В распоряжении моей новой знакомой была доставшаяся ей от бабушки часть дома с отдельным входом, но все соседские старушки хорошо знали ее, а ей непременно хотелось считаться с их традициями, не одобряющими открытых добрачных связей. Поэтому наша первая интимная близость состоялась в комнате на съемной квартире, которую я делил с еще одним молодым инженером и хозяином квартиры — вечным студентом тридцати с небольшим лет. Об этой квартире, вернее, о ее хозяине стоит сказать несколько слов. Третья комната квартиры, которую он и занимал, была, по сути, вертепом. Трудно понять, что находили в нем женщины, но факт — от воздержания он никогда не страдал. Лицо его только в статике (в идеале — на фотографии) можно было признать мужественным, но как только он начинал двигаться или говорить, в нем уже можно было обнаружить мягкость и вкрадчивость. Нос его, в общем-то, прямой, пропорциональной и правильной формы, состоял все же, как мне представлялось, из трех частей и, возможно, из-за усов ежиком, окончание его (то есть третья часть) казалась мне как будто подвижной и принюхивающейся. Впрочем, квартирохозяином он был гостеприимным и расположенным к своим квартирантам, если исключить то обстоятельство, что когда половая его энергия (действительно, почти неисчерпаемая) все же иссякала, и с очередной подружкой ему становилось тесно и скучно, он старался привлечь меня или моего соседа, а лучше обоих сразу к игре в преферанс.

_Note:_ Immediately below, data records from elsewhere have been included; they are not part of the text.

//! What the readers make of a few lines.
use crate::*;
use jobs::ranges::{Bounds, NUMBERS};
use jobs::refusal::Refusal;
use std::process::Abort;
use std::test::Fail;

fn refused<T: Drop>(
    rt: &impl Abort,
    r: Result<T, WordFault>,
    number: u8,
    place: usize,
) -> Result<(), Fail> {
    match r {
        Ok(_) => Err(Fail::new("not refused")),
        Err(fault) => {
            assert_eq!(rt; fault.cause.number(), number);
            assert_eq!(rt; fault.place, place);
            Ok(())
        }
    }
}

#[test]
fn words_keep_their_places(rt: HostRuntime) -> Result<(), Fail> {
    let mut words = Words::new(b"  ab\tc x7  ");
    let first = words.next().ok_or("no word")?;
    assert!(rt; first.is(b"ab\tc"));
    assert_eq!(rt; first.place, 3);
    refused(&rt, words.number(), 23, 8)?;
    refused(&rt, words.number(), 22, 12)?;
    assert!(rt; words.next().is_none());
    Ok(())
}

#[test]
fn a_number_has_nine_digits_at_most(rt: HostRuntime) -> Result<(), Fail> {
    let mut words = Words::new(b"999999999 000000000 0000000001");
    let most = words.number().ok().ok_or("no number")?;
    assert_eq!(rt; most.value, 999_999_999);
    let all = Bounds {
        least: 0,
        most: 999_999_999,
    };
    assert!(rt; most.within(all).is_ok());
    refused(&rt, most.within(NUMBERS), 1, 1)?;
    let none = words.number().ok().ok_or("no number")?;
    refused(&rt, none.within(NUMBERS), 1, 11)?;
    refused(&rt, words.optional_number(), 23, 21)
}

#[test]
fn an_empty_line_has_no_words(rt: HostRuntime) -> Result<(), Fail> {
    let mut words = Words::new(b"");
    assert!(rt; matches!(words.optional_number(), Ok(None)));
    assert!(rt; words.end().is_ok());
    refused(&rt, words.number(), 22, 1)?;
    refused(&rt, Words::new(b" 1").end(), 24, 2)
}

#[test]
fn a_last_newline_opens_a_last_line(rt: HostRuntime) -> Result<(), Fail> {
    let mut lines = Lines::new(b"a\n\nb\n");
    assert_eq!(rt; lines.next().ok_or("no line")?, b"a".as_slice());
    assert_eq!(rt; lines.count(), 3);
    assert_eq!(rt; Lines::new(b"").count(), 1);
    Ok(())
}

#[test]
fn a_fault_is_one_line_of_text(rt: HostRuntime) -> Result<(), Fail> {
    let cause = Cause::Rule(Refusal::Unknown);
    let fault = WordFault { cause, place: 12 }.in_line(3);
    assert!(rt; format!(in rt.alloc(); "{fault}")?.as_str() == "refused 7 unknown 3 12");
    Ok(())
}
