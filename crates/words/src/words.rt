//! The words of a line with their places, and the readers of numbers above them.
ghost use Rattle.std.specs.Prelude.{◌≡◌, ◌+◌, ◌<◌, ◌≤◌, [], ◌∷◌, length, drop, IfOk, IfSome, OnOk, MatchOption, ◌≢◌, slice_index};
ghost use Rattle.std.specs.Result.{result_map_both};
ghost use Rattle.words.specs.Bytes.{words};
ghost use Rattle.std.specs.Str.{bytes_eq};
ghost use Rattle.words.specs.Readers.{piece, rest, whole, skip, within, number_of, first_word, first_number, optional_number, none_left, number_alone};
ghost use Rattle.std.specs.Iterator.{at_most};

use crate::bytes::{before, number};
use crate::fault::{Cause, WordFault, placed};
use jobs::ranges::Bounds;

/// The bytes between two spaces, and the place of the first, counted from 1 in the line.
#[derive(Clone, Copy, Debug)]
pub struct Word<'a> {
    pub text: &'a [u8],
    pub place: usize,
}

/// The number that a word is, and the place of the word.
#[derive(Clone, Copy, PartialEq, Eq, Debug)]
pub struct Number {
    pub value: u32,
    pub place: usize,
}

impl Number {
    /// The value, if the bounds contain it.
    pub fn within(self, bounds: Bounds) -> Result<u32, WordFault>
        ensures value { result ≡ within bounds.least bounds.most self }
        ensures bounds { IfOk result (λ n. (bounds.least ≤ n) × (n ≤ bounds.most)) }
    {
        placed(bounds.accept(self.value), self.place)
    }
}

impl<'a> Word<'a> {
    /// The word as a number: one to nine decimal digits. Any other word is refused at its place.
    pub fn number(&self) -> Result<Number, WordFault>
        ensures { result ≡ number_of (piece self.now) }
    {
        let place = self.place;
        let value = number(self.text).ok_or(Cause::Digits.at(place))?;
        Ok(Number { value, place })
    }

    /// Whether the word is this text.
    pub fn is(&self, text: &[u8]) -> bool
        ensures { result ≡ bytes_eq (piece self.now).text text.now }
    {
        self.text == text
    }
}

/// The index of the first byte from `start` on that is no space.
fn past_spaces(line: &[u8], start: usize) -> Option<usize>
    ensures left { MatchOption result (words (start + 1) (drop start line.now) ≡ []) (λ i. words (start + 1) (drop start line.now) ≡ words (i + 1) (drop i line.now)) }
    ensures within { IfSome result (λ i. i < length line.now) }
    ensures stops { IfSome result (λ i. slice_index line.now i ≢ 32) }
{
    let spaces = line.get(start..)?.iter().position(|b| *b != b' ')?;
    Some(start + spaces)
}

/// Reads a line word by word. Words are parted by spaces alone: a tab is part of a word.
#[derive(Clone, Copy, Debug)]
pub struct Words<'a> {
    line: &'a [u8],
    /// How many bytes were read.
    position: usize,
}

impl<'a> Words<'a> {
    pub fn new(line: &'a [u8]) -> Words<'a>
        ensures { rest result ≡ whole line.now }
    {
        Words { line, position: 0 }
    }

    /// The next word. If there is none, it is missing one past the end of the line.
    pub fn word(&mut self) -> Result<Word<'a>, WordFault>
        ensures value { result_map_both piece (λ f. f) result ≡ first_word (rest self.old) }
        ensures left { rest self.new ≡ skip 1 (rest self.old) }
    {
        self.next().ok_or(Cause::Missing.at(self.line.len() + 1))
    }

    /// The next word as a number. If there is none, it is missing one past the end of the line.
    pub fn number(&mut self) -> Result<Number, WordFault>
        ensures value { result ≡ first_number (rest self.old) }
        ensures left { rest self.new ≡ skip 1 (rest self.old) }
    {
        self.word()?.number()
    }

    /// The next word as a number, if there is one.
    pub fn optional_number(&mut self) -> Result<Option<Number>, WordFault>
        ensures value { result ≡ optional_number (rest self.old) }
        ensures left { rest self.new ≡ skip 1 (rest self.old) }
    {
        self.next().map(|word| word.number()).transpose()
    }

    /// The next word as a number, and no word more.
    pub fn only_number(&mut self) -> Result<Number, WordFault>
        ensures value { result ≡ number_alone (rest self.old) }
        ensures read { OnOk result ((rest self.new).words ≡ []) }
        ensures end { (rest self.new).end ≡ (rest self.old).end }
    {
        let number = self.number()?;
        self.end()?;
        Ok(number)
    }

    /// Refuses a word that is left over.
    pub fn end(&mut self) -> Result<(), WordFault>
        ensures value { result ≡ none_left (rest self.old) }
        ensures left { rest self.new ≡ skip 1 (rest self.old) }
    {
        match self.next() {
            Some(word) => Err(Cause::Extra.at(word.place)),
            None => Ok(()),
        }
    }
}

impl<'a> Iterator for Words<'a> {
    type Item = Word<'a>;

    ghost next_gives = { λ s r t. MatchOption r (((rest s).words ≡ []) × ((rest t).words ≡ [])) (λ w. (rest s).words ≡ piece w ∷ (rest t).words) × ((rest t).end ≡ (rest s).end) };

    ghost remaining = { λ s. at_most (length (rest s).words) };

    #[tactic(auto, using(crate::proofs::Spacing::word_read))]
    fn next(&mut self) -> Option<Word<'a>> {
        let line = self.line;
        let start = past_spaces(line, self.position)?;
        let text = before(&line[start..], b' ');
        self.position = start + text.len();
        Some(Word {
            text,
            place: start + 1,
        })
    }
}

Поначалу мы охотно соглашались, чтобы развлечься вечером после рабочего дня, но в дальнейшем нам это наскучило, и когда очевидно становилось, что квартирохозяин наш уж очень тяготится одним только женским обществом, мы по очереди приносили себя ему в жертву, как дракону. С тех пор я потерял всякий интерес не только к картам, но и ко всяким играм, не связанным с физической нагрузкой, не исключая шахмат. А вот с подружками его у нас неизменно складывались совершенно платонические, дружеские отношения. Удивительно, какими замечательными друзьями бывают самые разнообразные женщины, когда они от вас не зависят и когда им нечего от вас скрывать.

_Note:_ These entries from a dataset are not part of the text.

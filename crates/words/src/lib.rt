//! The words of an input with their places, the numbers among them, and the faults of a line.
#![tactic(auto)]

mod bytes;
mod fault;
mod lines;
#[cfg(test)]
mod tests;
mod words;

pub use fault::{Cause, Fault, WordFault, numbered, placed};
pub use lines::{Lines, MAX_INPUT, accepted};
pub use words::{Number, Word, Words};
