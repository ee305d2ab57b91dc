//! Why a line is refused, and where.
ghost use Rattle.std.specs.Prelude.{◌≡◌, Some};
ghost use Rattle.words.specs.declared.fault.Cause.TheVariants.{Rule};
ghost use Rattle.words.specs.Faults.{cause_number, cause_name, fault_in, broken_at, in_line, fault_text};

use jobs::refusal::Refusal;
use std::error::Error;
use std::fmt;

/// What is wrong with a word, or with the call that the line asks for.
#[derive(Clone, Copy, PartialEq, Eq, Debug)]
pub enum Cause {
    /// The first word names no call.
    Letter,
    /// A word is missing.
    Missing,
    /// A word is no number.
    Digits,
    /// A word is left over.
    Extra,
    /// The input is too long.
    Length,
    /// The call broke a rule.
    Rule(Refusal),
}

impl Cause {
    ghost use Rattle.words.specs.Readers.{fault_at};

    /// The cause as a fault of the word at this place.
    pub fn at(self, place: usize) -> WordFault
        ensures { result ≡ fault_at place self }
    {
        WordFault { cause: self, place }
    }

    pub fn number(self) -> u8
        ensures { result ≡ cause_number self }
    {
        match self {
            Cause::Letter => 21,
            Cause::Missing => 22,
            Cause::Digits => 23,
            Cause::Extra => 24,
            Cause::Length => 25,
            Cause::Rule(refusal) => refusal.number(),
        }
    }

    pub fn name(self) -> &'static str
        ensures { result.now ≡ cause_name self }
    {
        match self {
            Cause::Letter => "letter",
            Cause::Missing => "missing",
            Cause::Digits => "digits",
            Cause::Extra => "extra",
            Cause::Length => "length",
            Cause::Rule(refusal) => refusal.name(),
        }
    }
}

impl From<Refusal> for Cause {
    ghost from_gives = { λ refusal c. c ≡ Rule refusal };

    fn from(refusal: Refusal) -> Cause {
        Cause::Rule(refusal)
    }
}

/// A cause is written by its name.
impl fmt::Display for Cause {
    ghost output = { λ c. Some (cause_name c) };

    fn fmt<W: fmt::Write>(&self, f: &mut fmt::Formatter<W>) -> fmt::Result {
        f.write_str(self.name())
    }
}

impl Error for Cause {}

/// A fault of a word, which knows its place but not its line.
#[derive(Clone, Copy, PartialEq, Eq, Debug)]
pub struct WordFault {
    pub cause: Cause,
    pub place: usize,
}

/// A fault with its line and place, both counted from 1.
#[derive(Clone, Copy, PartialEq, Eq, Debug)]
pub struct Fault {
    pub cause: Cause,
    pub line: usize,
    pub place: usize,
}

impl WordFault {
    /// The fault, now that its line is known.
    pub fn in_line(self, line: usize) -> Fault
        ensures { result ≡ fault_in line self }
    {
        Fault {
            cause: self.cause,
            line,
            place: self.place,
        }
    }
}

/// A refused call as a fault of its line, at the place of the word that it is about.
pub fn placed<T>(answer: Result<T, Refusal>, place: usize) -> Result<T, WordFault>
    ensures { result ≡ broken_at place answer }
{
    answer.map_err(|refusal| Cause::from(refusal).at(place))
}

/// What a line answers, its faults with the number of the line.
pub fn numbered<T>(answer: Result<T, WordFault>, line: usize) -> Result<T, Fault>
    ensures { result ≡ in_line line answer }
{
    answer.map_err(|fault| fault.in_line(line))
}

/// A fault is written as `refused NUMBER NAME LINE PLACE`.
impl fmt::Display for Fault {
    ghost output = { λ f. Some (fault_text f) };

    fn fmt<W: fmt::Write>(&self, f: &mut fmt::Formatter<W>) -> fmt::Result {
        let Fault { cause, line, place } = *self;
        let number = cause.number();
        write!(f, "refused {number} {cause} {line} {place}")
    }
}

impl Error for Fault {}
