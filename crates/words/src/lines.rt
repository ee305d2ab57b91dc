//! The lines of an input, one after another.
ghost use Rattle.std.specs.Prelude.{◌≡◌, [], ◌∷◌, length, MatchOption};
ghost use Rattle.words.specs.Bytes.{lines};
ghost use Rattle.words.specs.Readers.{lines_in, lines_left, Accepted};
ghost use Rattle.std.specs.Iterator.{at_most};

use crate::bytes::before;
use crate::fault::{Cause, Fault};

/// The first line, and what comes after the newline that ends it.
#[tactic(auto, using(crate::proofs::Lining::line_read))]
fn split_line(input: &[u8]) -> (&[u8], Option<&[u8]>)
    ensures { lines input.now ≡ result.0.now ∷ lines_in result.1 }
{
    let line = before(input, b'\n');
    (line, input.get(line.len() + 1..))
}

/// The longest input that is read, in bytes.
pub const MAX_INPUT: usize = 65_536;

/// The input, unless it is too long to be read. That is a fault at no line and no place.
pub fn accepted(input: &[u8]) -> Result<&[u8], Fault>
    ensures { Accepted input.now result }
{
    if input.len() > MAX_INPUT {
        return Err(Cause::Length.at(0).in_line(0));
    }
    Ok(input)
}

/// Reads an input line by line. An input that is empty, or ends with a newline, has a last line that is empty.
#[derive(Clone, Copy, Debug)]
pub struct Lines<'a> {
    /// What is still to be read, or nothing after the last line.
    rest: Option<&'a [u8]>,
}

impl<'a> Lines<'a> {
    pub fn new(input: &'a [u8]) -> Lines<'a>
        ensures { lines_left result ≡ lines input.now }
    {
        Lines { rest: Some(input) }
    }
}

impl<'a> Iterator for Lines<'a> {
    type Item = &'a [u8];

    ghost next_gives = { λ s r t. MatchOption r ((lines_left s ≡ []) × (lines_left t ≡ [])) (λ l. lines_left s ≡ l.now ∷ lines_left t) };

    ghost remaining = { λ s. at_most (length (lines_left s)) };

    /// The next line, without the newline that ends it.
    fn next(&mut self) -> Option<&'a [u8]> {
        let (line, after) = split_line(self.rest?);
        self.rest = after;
        Some(line)
    }
}
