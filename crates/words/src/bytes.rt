//! What is read from plain bytes: how far a piece goes, and which number it is.
ghost use Rattle.std.specs.Prelude.{◌≡◌, ◌<◌, ◌≤◌, length, IfSome};
ghost use Rattle.words.specs.Bytes.{before, number_in};

/// The bytes before the first `stop`: all of them, if there is none.
#[tactic(auto, using(crate::proofs::Cutting::cut_before))]
pub fn before(bytes: &[u8], stop: u8) -> &[u8]
    ensures value { result.now ≡ before stop bytes.now }
    ensures within { length result.now ≤ length bytes.now }
{
    let end = bytes.iter().position(|b| *b == stop).unwrap_or(bytes.len());
    &bytes[..end]
}

/// The number that the bytes write in decimal, if they are one to nine digits.
#[tactic(auto, using(crate::proofs::Figures::power_few))]
pub fn number(bytes: &[u8]) -> Option<u32>
    ensures value { result ≡ number_in bytes.now }
    ensures small { IfSome result (λ n. n < 1000000000) }
{
    if !(1..=9).contains(&bytes.len()) {
        return None;
    }
    let mut value = 0;
    for b in bytes {
        value = value * 10 + char::from(*b).to_digit(10)?;
    }
    Some(value)
}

В свою комнату вот этой квартиры я и привел мою парикмахершу. Я оставил ее одну, уйдя на кухню, чтобы приготовить бутерброды, помыть и разрезать овощи, открыть рыбные консервы и бутылку вина. Когда же я вернулся в комнату, то застал ее стоящей перед зеркалом трюмо полностью обнаженной. Поскольку я не бросился раздеваться, а наоборот быстро надел черный костюм, белую рубашку и повязал не находившую до сих пор применения концертную бабочку, то она так и продолжала смеяться, глядя в зеркало и опираясь кончиками пальцев о столешницу трюмо все то время, пока за ее спиной прятался суетливый джентльмен и лишь иногда показывалась то над левым, то над правым ее худощавым плечом его энергичное лицо и атласная черная бабочка.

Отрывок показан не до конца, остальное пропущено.